# Recommend me a 5 string bass



## Scott (Nov 9, 2006)

Alright, so im in the market for a new bass. 

I plan on ordering a 5 string carvin soon, but im looking for another bass to hold me over while it's being built.

And jason, don't recommend Rondo basses. I own two already and am getting a fretless from them aswell


----------



## DDDorian (Nov 9, 2006)

I had a Yamaha RBX375 for a brief period and while the stock pickups weren't the best around, it played great and balanced well, which I am kinda picky about with basses. It only cost me $650 Aussie dollars but felt and played as well as basses I've played worth three or four times the price. I figure that Canadian funds are approximately the same as Australian dollars so if you're looking for a stopgap, you could do much worse.


----------



## D-EJ915 (Nov 9, 2006)

Yamaha RBX375 is pretty sweet, I dunno about the red and silver, but the black one has a really comfortable satin black finish on the neck. You can crank the bass on it and feel your pants flap...which is why I want a bass


----------



## Scott (Nov 9, 2006)

Cool, cool....


Anyone with anything in a lefty? 

btw..






My dream basses.


----------



## D-EJ915 (Nov 9, 2006)

My friend has this as a righty even though he's a lefty.

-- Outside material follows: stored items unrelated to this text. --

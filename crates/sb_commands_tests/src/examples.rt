//! The example in the docs of the commands.
use sb_codec::Ask;
use sb_commands::{AgeQuery, Failure, RowFormat, key_of, prefix_of, print_all, put, value_of};
use sb_types::Slot;
use std::alloc::Global;
use std::process::Abort;

/// Makes the node at a control socket write an address, and prints the rows that it shows under a prefix.
fn set_and_list<'a>(rt: &HostRuntime, control: &'a str) -> Result<(), Failure<'a>> {
    let address = value_of(rt.alloc(), "addr", "10.0.0.1:80")?;
    put(rt, control, key_of("web/addr")?, Slot::Set(address))?;
    let (owner, prefix, after) = (None, prefix_of("web/")?, None);
    let asked = Ask {
        owner,
        prefix,
        after,
    };
    let ages = AgeQuery {
        are_shown: false,
        most: None,
    };
    print_all(rt, control, asked, RowFormat::Text, ages)
}

/// The text of what ended a command. It is empty if nothing did.
fn text_of(rt: &impl Abort, alloc: Global, ended: Result<(), Failure<'_>>) -> String {
    match ended {
        Ok(()) => String::new(alloc),
        Err(failure) => format!(in alloc; "{failure}").expect(rt, "error"),
    }
}

/// Where there is no node, the command ends with the fault, its text and the place.
#[test]
fn example_of_sb_commands(rt: HostRuntime) {
    let text = text_of(&rt, rt.alloc(), set_and_list(&rt, "no.ctl"));
    let begins = "fault 16\nno node could be reached: no such file\ncontrol socket no.ctl: ";
    assert!(rt; text.starts_with(begins), "{text}");
}
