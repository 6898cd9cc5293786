//! The calls that add words, numbers and values to a line.
ghost use Rattle.std.specs.Prelude.{◌≡◌, ◌∷◌, ◌++◌, [], decimal, OnOk, IfErr};
ghost use Rattle.sb_types.specs.Value.{line_of};

use itoa::Buffer;
use sb_types::{Fault, Value};
use std::io::Write;

/// Adds a word and the byte `end` after it. `NoMemory`, with a part of them added, or none.
pub fn add_word(out: &mut Vec<u8>, word: &[u8], end: u8) -> Result<(), Fault>
    ensures added { OnOk result (out.new.items ≡ out.old.items ++ (word.now ++ end ∷ [])) }
    ensures fault { IfErr result (λ fault. fault ≡ Fault.NoMemory) }
{
    out.extend_from_slice(word)?;
    out.push(end)?;
    Ok(())
}

/// Adds a number in decimal digits and the byte `end` after it. `NoMemory`, with a part of them added, or none.
pub fn add_number(out: &mut Vec<u8>, number: u64, end: u8) -> Result<(), Fault>
    ensures added { OnOk result (out.new.items ≡ out.old.items ++ (decimal number ++ end ∷ [])) }
    ensures fault { IfErr result (λ fault. fault ≡ Fault.NoMemory) }
{
    add_word(out, Buffer::new().format(number).as_bytes(), end)
}

/// Adds the two words of a value, its kind and its content, with a space between. `NoMemory`, with a part of them
/// added, or none.
pub fn add_value(out: &mut Vec<u8>, value: &Value) -> Result<(), Fault>
    ensures added { OnOk result (out.new.items ≡ out.old.items ++ line_of value.now) }
    ensures fault { IfErr result (λ fault. fault ≡ Fault.NoMemory) }
{
    match write!(out, "{value}") {
        Ok(()) => Ok(()),
        Err(_) => Err(Fault::NoMemory),
    }
}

it's nice but I like the yamaha better.


----------



## dpm (Nov 9, 2006)

Scott, how about a Rondo? 

[action=dpm]isn't jason[/action]


----------



## Scott (Nov 9, 2006)

How about a Scott signature Oni bass?


----------



## dpm (Nov 9, 2006)

Yeah, OK. It'll cost a bit more than a Rondo though.

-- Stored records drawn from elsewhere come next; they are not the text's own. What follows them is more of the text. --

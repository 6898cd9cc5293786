//! Faults: why a call was refused.

ghost use Rattle.std.specs.Prelude.{◌≡◌, false, IfSome, IfNone};
ghost use Rattle.sb_types.specs.Faults.{number_of, carried_by};
ghost use Rattle.sb_types.specs.Text.{is_between};

use crate::limits::FAULT_NUMBER_MOST;
use std::alloc::{AllocError, AllocFailed};
use thiserror::Error;

/// Why a call was refused. Each fault has a number, which scripts and control sockets report.
#[derive(Clone, Copy, Debug, PartialEq, Eq, Error)]
pub enum Fault {
    #[error("there was no memory; free some, or ask for less")]
    NoMemory,
    #[error("a name is 1 to 32 of the bytes a-z, 0-9 and -")]
    BadName,
    #[error("a key is 1 to 64 of the bytes a-z, 0-9, '.', '_', '/' and -; a prefix may be empty")]
    BadKey,
    #[error("a value is addr with 1 to 128 printing bytes, weight below 2^63, flag true or false, or text of 1 to 512 UTF-8 bytes. In a text, a backslash and two digits, as \\0a, spell a control byte or a backslash")]
    BadValue,
    #[error("a setting is outside its limits")]
    BadSetting,
    #[error("the owner has 4,096 keys, removed ones counted; write under a key that it has")]
    TableFull,
    #[error("1,024 owners are held, and there is no room for another")]
    OwnersFull,
    #[error("the owner has used every version that the settings allow")]
    VersionsSpent,
    #[error("there is nothing to remove under this key")]
    NothingThere,
    #[error("a frame begins with another byte than a7; the peer speaks another protocol")]
    BadMark,
    #[error("the frame is of another version of the format; run the same release at both ends")]
    BadVersion,
    #[error("a frame's length is outside 1 to 65,530")]
    BadLength,
    #[error("a message of kind {0} is not known, or has no place here")]
    UnknownKind(u8),
    #[error("a message of kind {0} breaks the format")]
    Malformed(u8),
    #[error("this is closed; open it again")]
    Closed,
    #[error("reading failed")]
    ReadFailed,
    #[error("writing failed after {0} bytes")]
    WriteFailed(u64),
    #[error("the log could not be read or written; open it again")]
    StoreFailed,
    #[error("the log is damaged")]
    LogDamaged,
    #[error("the log belongs to another owner or cluster")]
    WrongOwner,
    #[error("another node writes under this name: its version {0} was seen; give each node a name of its own")]
    OwnerConflict(u64),
    #[error("a session begins with Hello")]
    NoHello,
    #[error("the peer is of another cluster")]
    WrongCluster,
    #[error("two nodes have the same name; give each node a name of its own")]
    SameName,
    #[error("a session has one Hello")]
    SecondHello,
    #[error("there is no such watch")]
    NoWatch,
    #[error("64 watches stand; drop one first")]
    WatchesFull,
    #[error("the stream ends inside a frame")]
    Truncated,
    #[error("the reads, calls or events that were allowed are spent")]
    TurnsSpent,
    #[error("the floor would be above the last version")]
    FloorTooHigh,
    #[error("the next own write has version {0}")]
    OutOfTurn(u64),
}

impl Fault {
    /// Returns the number of the fault, 1 to 31.
    pub fn number(&self) -> u8
        ensures { result ≡ number_of self.now }
    {
        match self {
            Fault::NoMemory => 1,
            Fault::BadName => 2,
            Fault::BadKey => 3,
            Fault::BadValue => 4,
            Fault::BadSetting => 5,
            Fault::TableFull => 6,
            Fault::OwnersFull => 7,
            Fault::VersionsSpent => 8,
            Fault::NothingThere => 9,
            Fault::BadMark => 10,
            Fault::BadVersion => 11,
            Fault::BadLength => 12,
            Fault::UnknownKind(_) => 13,
            Fault::Malformed(_) => 14,
            Fault::Closed => 15,
            Fault::ReadFailed => 16,
            Fault::WriteFailed(_) => 17,
            Fault::StoreFailed => 18,
            Fault::LogDamaged => 19,
            Fault::WrongOwner => 20,
            Fault::OwnerConflict(_) => 21,
            Fault::NoHello => 22,
            Fault::WrongCluster => 23,
            Fault::SameName => 24,
            Fault::SecondHello => 25,
            Fault::NoWatch => 26,
            Fault::WatchesFull => 27,
            Fault::Truncated => 28,
            Fault::TurnsSpent => 29,
            Fault::FloorTooHigh => 30,
            Fault::OutOfTurn(_) => 31,
        }
    }

    /// Returns the fault of a number from 1 to 31, and `None` for any other number. If such a fault carries something
    /// else, that is 0 here: the number does not contain it.
    pub fn of_number(number: u8) -> Option<Fault>
        ensures some { IfSome result (λ fault. (number_of fault ≡ number) × (carried_by fault ≡ 0)) }
        ensures none { IfNone result (is_between 1 FAULT_NUMBER_MOST number ≡ false) }
    {
        Some(match number {
            1 => Fault::NoMemory,
            2 => Fault::BadName,
            3 => Fault::BadKey,
            4 => Fault::BadValue,
            5 => Fault::BadSetting,
            6 => Fault::TableFull,
            7 => Fault::OwnersFull,
            8 => Fault::VersionsSpent,
            9 => Fault::NothingThere,
            10 => Fault::BadMark,
            11 => Fault::BadVersion,
            12 => Fault::BadLength,
            13 => Fault::UnknownKind(0),
            14 => Fault::Malformed(0),
            15 => Fault::Closed,
            16 => Fault::ReadFailed,
            17 => Fault::WriteFailed(0),
            18 => Fault::StoreFailed,
            19 => Fault::LogDamaged,
            20 => Fault::WrongOwner,
            21 => Fault::OwnerConflict(0),
            22 => Fault::NoHello,
            23 => Fault::WrongCluster,
            24 => Fault::SameName,
            25 => Fault::SecondHello,
            26 => Fault::NoWatch,
            27 => Fault::WatchesFull,
            28 => Fault::Truncated,
            29 => Fault::TurnsSpent,
            30 => Fault::FloorTooHigh,
            31 => Fault::OutOfTurn(0),
            _ => return None,
        })
    }
}

impl From<AllocError> for Fault {
    ghost use Rattle.std.specs.Prelude.{◌≡◌};
    ghost use Rattle.sb_types.specs.declared.fault.Fault.TheVariants.{NoMemory};

    ghost from_gives = { λ _ fault. fault ≡ NoMemory };

    fn from(_: AllocError) -> Fault {
        Fault::NoMemory
    }
}

impl<T: Drop> From<AllocFailed<T>> for Fault {
    ghost use Rattle.std.specs.Prelude.{◌≡◌};
    ghost use Rattle.sb_types.specs.declared.fault.Fault.TheVariants.{NoMemory};

    ghost from_gives = { λ _ fault. fault ≡ NoMemory };

    fn from(_: AllocFailed<T>) -> Fault {
        Fault::NoMemory
    }
}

It's going to be hard to find a cheap lefty option _other_ than Rondo. Good luck. Are the Yamahas available lefty? OLP?

What's your price range for this?

Hmm, doesn't look like OLP is an option.

How about this - http://www.musiciansfriend.com/product/MTD-Kingston-Artist-5String-Lefty-Bass?sku=511554

http://www.mtdbass.com/pages/kingston.html


----------



## distressed_romeo (Nov 9, 2006)

Peavey 5s are pretty good. Mine's never failed me once.


----------



## darren (Nov 9, 2006)

A Carvin should only take a few weeks to build, no? Have you looked at their "guitars in stock" section to see if there's anything there you like? They have a few nice 5-string lefties at the moment. It seems silly (to me) to order a Carvin, then buy something else that you'll only have for a few weeks, especially when you already own two (nearly three) other basses. If you want low end range until you get your custom 5, why not just tune down to B?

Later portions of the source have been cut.